WHOの訴え「ワクチン・ナショナリズムはパンデミックを長引かせる」

 その一方で、世界中に平等にワクチンを分配するための国際的な取り組みも始まっている。WHOなどが主導する「COVAXファシリティ」は、高・中所得国の拠出金でワクチンを共同購入し、途上国にも行き渡らせる枠組みで、21年末までに少なくとも20億回分を供給することを目指す。

 20年8月下旬時点で日本を含む172カ国が参加を表明。態度を保留していた中国も10月9日にようやく参加を発表したが、米国とロシアは不参加で、国際協調の足並みは揃っていない。

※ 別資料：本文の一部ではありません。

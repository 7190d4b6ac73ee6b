//! A log that is recovered.

ghost use Rattle.std.specs.Prelude.{◌≡◌, ◌*◌, ◌≤◌, [], Some, vec_len, vec_capacity, true, IfSome, IfOk, IfErr, OnOk};
ghost use Rattle.shop_base.specs.declared.limits.TheConstants.{MAX_MOMENT};
ghost use Rattle.shop_base.specs.{Plan.IsWellShaped, Cell.start, Run.IsRun, Ends.stated_number};
ghost use Rattle.text_lines.specs.Lines.{ended_lines};
ghost use Rattle.plan_verifier.specs.Accepted.{IsAcceptable};
ghost use Rattle.cell_tables.specs.Events.{events_of};
ghost use Rattle.run_log.specs.Audits.{IsReplayed};
ghost use Rattle.cell_control.specs.Begun.{IsBegun};
ghost use Rattle.byte_streams.specs.declared.rooms.TheConstants.{MAX_PIECE};
ghost use Rattle.cell_drive.specs.{OneRun.cell_after, LateEvents.AreLate};
ghost use Rattle.cell_drive.specs.Recovered.{AreAtStart, IsRecovered, IsRecoveredFrom, IsRecoveredRun};
ghost use Rattle.cell_drive.specs.Recovered.{IsRecoverable, replayed_events};
ghost use Rattle.cell_drive.specs.ResumeFaults.{IsResumeFault, IsOnlyLogFault, IsStartRefusal};

use crate::lateness::late_events;
use crate::resume_fault::{ResumeFault, Undriven};
use byte_streams::reading_room;
use cell_control::{RestController, TourneyDues};
use cell_tables::{Entry, Rest, Tables, WorkCell};
use plan_verifier::{Verdict, verify};
use run_log::{LoggedRest, RunLog, rest_at};
use shop_base::{Moment, Shaped};
use std::alloc::{AllocError, Global};
use std::marker::Model;

/// A run that was recovered from its log.
#[derive(Drop)]
pub struct RecoveredRun {
    pub(crate) run: Replayed,
    /// The tables of the cell at the start of the run, from which its events are written again.
    pub(crate) start: Tables,
}

impl Model for RecoveredRun {
    ghost use Rattle.cell_drive.specs.Recovered.{Recovered, AreAtStart, IsRecoveredRun};

    ghost Value = { Recovered };

    ghost view = { λ t. t.run };

    ghost invariant = { λ t. IsRecoveredRun t.run × AreAtStart t.run.control.planned t.start };
}

/// A run that was recovered from its log, and whose events were written again.
#[derive(Drop)]
pub struct Replayed {
    /// The controller of the rest of the run.
    pub(crate) controller: RestController<TourneyDues>,
    /// What was accepted and ordered in the whole run: the orders that are due stand there already.
    pub(crate) log: RunLog,
    /// Of each entry of it that the log recorded, whether it is a report that was late. The others are the orders that
    /// are due.
    pub(crate) late: Vec<bool>,
    /// Where what is read lies at a time, once the run goes on.
    pub(crate) room: Vec<u8>,
}

impl Model for Replayed {
    ghost use Rattle.std.specs.Prelude.{◌≡◌, vec_len};
    ghost use Rattle.byte_streams.specs.declared.rooms.TheConstants.{MAX_PIECE};
    ghost use Rattle.cell_drive.specs.Recovered.{Recovered, recovered_by, IsRecoveredRun};

    ghost Value = { Recovered };

    ghost view = { λ t. recovered_by t.controller t.log t.late.items };

    ghost invariant = { λ t.
        IsRecoveredRun (recovered_by t.controller t.log t.late.items) × (vec_len t.room ≡ MAX_PIECE) };
}

/// Recovers a run where its log ends, at a present moment or else at the last one of the log. The log may have been cut
/// at any byte: what stands after its last line feed isn't looked at. Its whole lines have to record a run of the plan,
/// by whatever controller; neither the plan nor its instance need be those by which the log was written. The plan has
/// to have no cycle. Where the log records no event the plan has to be an accepted one; else its budgets aren't asked
/// for, since a cell that has begun has to go on, however late.
///
/// All memory is allocated here.
pub fn recover(
    alloc: Global,
    shaped: Shaped,
    text: &[u8],
    at: Option<Moment>,
) -> Result<RecoveredRun, ResumeFault>
    ensures recovered { IfOk result (IsRecovered shaped (ended_lines text.now) at) }
    ensures fault { IfErr result (IsResumeFault shaped (ended_lines text.now) at) }
    ensures only_fault { IfErr result (IsOnlyLogFault shaped (ended_lines text.now)) }
    ensures only { IfSome at (λ present. present ≤ MAX_MOMENT) → IsRecoverable shaped (ended_lines text.now) at
        → IfErr result (λ fault. fault ≡ ResumeFault.Memory) }
{
    // Called for its clause alone: the plan is well shaped.
    let _plan = shaped.shop();
    let room = match reading_room(alloc) {
        Ok(room) => room,
        Err(error) => {
            drop(shaped);
            return Err(ResumeFault::from(error));
        }
    };
    match rest_at(alloc, shaped, text, at) {
        Ok(Ok(run)) => recover_run(alloc, run, room),
        Ok(Err(fault)) => Err(ResumeFault::Run(fault)),
        Err(error) => Err(ResumeFault::from(error)),
    }
}

/// Recovers a run that a log recorded.
fn recover_run(
    alloc: Global,
    run: LoggedRest<Shaped>,
    room: Vec<u8>,
) -> Result<RecoveredRun, ResumeFault>
    requires replayed { IsReplayed run.rest.plan run.rest.cell run.entries.items }
    requires reserved { vec_capacity run.entries ≡ 2 * stated_number run.rest.plan }
    requires room { vec_len room ≡ MAX_PIECE }
    ensures recovered { IfOk result (IsRecoveredFrom run.rest.plan run.entries.items (Some run.rest.present)) }
    ensures fault { IfErr result (IsStartRefusal run.rest.plan (run.entries.items ≡ [])) }
{
    let LoggedRest { rest, entries } = run;
    let starts = entries.is_empty();
    let (late, start) = match ready_again(alloc, rest.shaped(), &entries) {
        Ok(ready) => ready,
        Err(error) => {
            drop(rest);
            return Err(ResumeFault::from(error));
        }
    };
    match begin(alloc, rest, starts) {
        Ok(controller) => Ok(RecoveredRun {
            run: with_due(controller, RunLog::of_entries(entries), late, room),
            start,
        }),
        Err(fault) => Err(fault),
    }
}

/// What it takes to write the events of a run again: of each whether it is a late report, and the tables of the cell at
/// its start.
fn ready_again(
    alloc: Global,
    shaped: &Shaped,
    entries: &[Entry],
) -> Result<(Vec<bool>, Tables), AllocError>
    requires { IsRun shaped.now (events_of entries.now) }
    ensures late { IfOk result (λ ready. AreLate shaped.now (start shaped.now) entries.now ready.0.items) }
    ensures start { IfOk result (λ ready. AreAtStart shaped.now ready.1) }
{
    let late = late_events(alloc, shaped, entries)?;
    let start = start_tables(alloc, shaped)?;
    Ok((late, start))
}

/// The tables of the cell at the start of a run.
fn start_tables(alloc: Global, shaped: &Shaped) -> Result<Tables, AllocError>
    ensures { IfOk result (AreAtStart shaped.now) }
{
    match WorkCell::start(alloc, shaped) {
        Ok(cell) => {
            let (_shaped, tables) = cell.into_parts();
            Ok(tables)
        }
        Err((error, _)) => Err(error),
    }
}

/// Begins with the rest. At the start of a run its plan has to be accepted; else it has to have no cycle.
fn begin(
    alloc: Global,
    rest: Rest<Shaped>,
    starts: bool,
) -> Result<RestController<TourneyDues>, ResumeFault>
    ensures begun { IfOk result (IsBegun rest.plan rest.cell rest.present) }
    ensures accepted { starts ≡ true → OnOk result (IsAcceptable rest.plan) }
    ensures fault { IfErr result (IsStartRefusal rest.plan (starts ≡ true)) }
{
    // Called for its clause alone: what leads to the plan is the plan.
    let _plan = rest.cell().basis();
    match check_start(alloc, rest, starts) {
        Ok(rest) => match RestController::begin(alloc, rest) {
            Ok(controller) => Ok(controller),
            Err((fault, rest)) => {
                let shaped = rest.into_parts().0.into_basis();
                Err(ResumeFault::from(Undriven { fault, shaped }))
            }
        },
        Err(fault) => Err(fault),
    }
}

/// Gives the rest back, if its run doesn't only start or its plan is accepted.
fn check_start(alloc: Global, rest: Rest<Shaped>, starts: bool) -> Result<Rest<Shaped>, ResumeFault>
    ensures same { IfOk result (λ checked. checked ≡ rest) }
    ensures accepted { starts ≡ true → OnOk result (IsAcceptable rest.plan) }
    ensures fault { IfErr result (IsStartRefusal rest.plan (starts ≡ true)) }
{
    if starts {
        check_plan(alloc, rest)
    } else {
        Ok(rest)
    }
}

/// Gives the rest back, if its plan is accepted.
fn check_plan(alloc: Global, rest: Rest<Shaped>) -> Result<Rest<Shaped>, ResumeFault>
    ensures same { IfOk result (λ checked. checked ≡ rest) }
    ensures accepted { OnOk result (IsAcceptable rest.plan) }
    ensures fault { IfErr result (IsStartRefusal rest.plan (true ≡ true)) }
{
    let (cell, present) = rest.into_parts();
    let (shaped, tables) = cell.into_parts();
    match verify(alloc, shaped) {
        Ok(Verdict::Accepted(verified)) => {
            let cell = WorkCell::of_parts(verified.into_shaped(), tables);
            match Rest::at(cell, Some(present)) {
                Ok(rest) => Ok(rest),
                Err(_) => unreachable!(),
            }
        }
        Ok(Verdict::Refused(shaped, why)) => Err(ResumeFault::Refused(shaped, why)),
        Err((error, shaped)) => {
            drop(shaped);
            Err(ResumeFault::from(error))
        }
    }
}

/// What was recovered: the orders that are due are noted.
fn with_due(
    controller: RestController<TourneyDues>,
    log: RunLog,
    late: Vec<bool>,
    room: Vec<u8>,
) -> Replayed
    requires shaped { IsWellShaped controller.planned }
    requires run { IsRun controller.planned (events_of log.entries) }
    requires begun { IsBegun controller.planned
        (cell_after controller.planned log.entries) controller.began controller }
    requires reserved { log.reserved ≡ 2 * stated_number controller.planned }
    requires late { AreLate controller.planned (start controller.planned) log.entries late.items }
    requires room { vec_len room ≡ MAX_PIECE }
    ensures control { result.control ≡ controller }
    ensures replayed { replayed_events result ≡ log.entries }
    ensures run { IsRecoveredRun result }
{
    // Called for its clause alone: what holds of every such controller.
    let _plan = controller.shaped();
    let mut log = log;
    log.note_orders(controller.orders()).unwrap();
    Replayed {
        controller,
        log,
        late,
        room,
    }
}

 WHOのテドロス・アダノム事務局長は、9月4日の記者会見でこう訴えた。

「もし有効なワクチンができたら、有効に使わなければならない。ワクチン・ナショナリズムは、パンデミックを短縮させるのではなく、長引かせるだろう」

追記(2021年1月5日):

本稿執筆後、モデルナとファイザー/ビオンテックはそれぞれ、両者が開発したワクチンの有効性が90%超と高く、重症患者を減らす効果もみられたと発表。2020年12月には、ファイザー/ビオンテックのワクチンの接種が、承認を受けた英国、カナダ、欧州連合(EU)、米国などで始まり、モデルナのワクチンの接種も米国で開始した。ファイザー/ビオンテックのワクチンについては、WHOも12月31日に緊急使用を承認。日本でも承認申請がなされており、早ければ今年2月中にも結論が出る見通し。アストラゼネカ/ハーバード大学が共同開発したワクチンも、12月30日に英国で初めて承認され、年明けの1月4日に接種が始まった。